Task requirements>
Report the number of lines in the records below that hold "Spans", and leave out everything else.
::::::
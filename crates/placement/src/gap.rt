// The gap between a mark and what it sits on.
ghost use Rattle.std.specs.Prelude.{◌≡◌, ◌≤◌};
ghost use Rattle.placement.specs.OneMark.{gap_of};
ghost use Rattle.placement.specs.Placing.{gap_before};

use crate::classes::is_attached;
use faces::Face;

#[derive(Clone, Copy)]
pub struct Gap {
    pub(crate) units: u16,
    ghost small: { units ≤ 1024 },
}

impl Gap {
    // The gap of a face: a part of its em.
    pub(crate) fn of<F: Face>(face: &F) -> Gap
        ensures { result.units ≡ gap_of (F.meaning face.now) }
    {
        Gap {
            units: face.em() / 16,
        }
    }

    // The gap before a mark of a class.
    pub(crate) fn before(self, class: u8) -> Gap
        ensures { result.units ≡ gap_before self.units class }
    {
        if is_attached(class) {
            Gap { units: 0 }
        } else {
            self
        }
    }
}
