// How the pen moves at a sign, and where the sign is drawn from the pen.
ghost use Rattle.std.specs.Prelude.{◌≡◌};
ghost use Rattle.placement.specs.Spaces.{advance_along, with_advance};

// A row of numbers that the caller lends, so contracts say what it may hold (`Light`) and no ghost field.
#[repr(C)]
#[derive(Clone, Copy, Default, PartialEq, Eq, Debug)]
pub struct Position {
    pub x_advance: i32,
    pub y_advance: i32,
    pub x_offset: i32,
    pub y_offset: i32,
}

impl Position {
    // The advance along a line.
    pub(crate) fn advance(self, horizontal: bool) -> i32
        ensures { result ≡ advance_along horizontal self }
    {
        if horizontal {
            self.x_advance
        } else {
            self.y_advance
        }
    }

    // Another advance along a line.
    pub(crate) fn with_advance(self, horizontal: bool, advance: i32) -> Position
        ensures { result ≡ with_advance horizontal advance self }
    {
        if horizontal {
            Position {
                x_advance: advance,
                ..self
            }
        } else {
            Position {
                y_advance: advance,
                ..self
            }
        }
    }
}
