// The base of a group: the sign that its marks go by.
ghost use Rattle.placement.specs.Room.{Spans};

use crate::extents::Extents;
use signs::Sign;

#[derive(Clone, Copy)]
pub struct Base {
    pub(crate) sign: Sign,
    // Its box, as wide as its advance across and moved up by its offset.
    pub(crate) extents: Extents,
    ghost spans: { Spans 40032768 extents },
}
::::::
Completed task>
2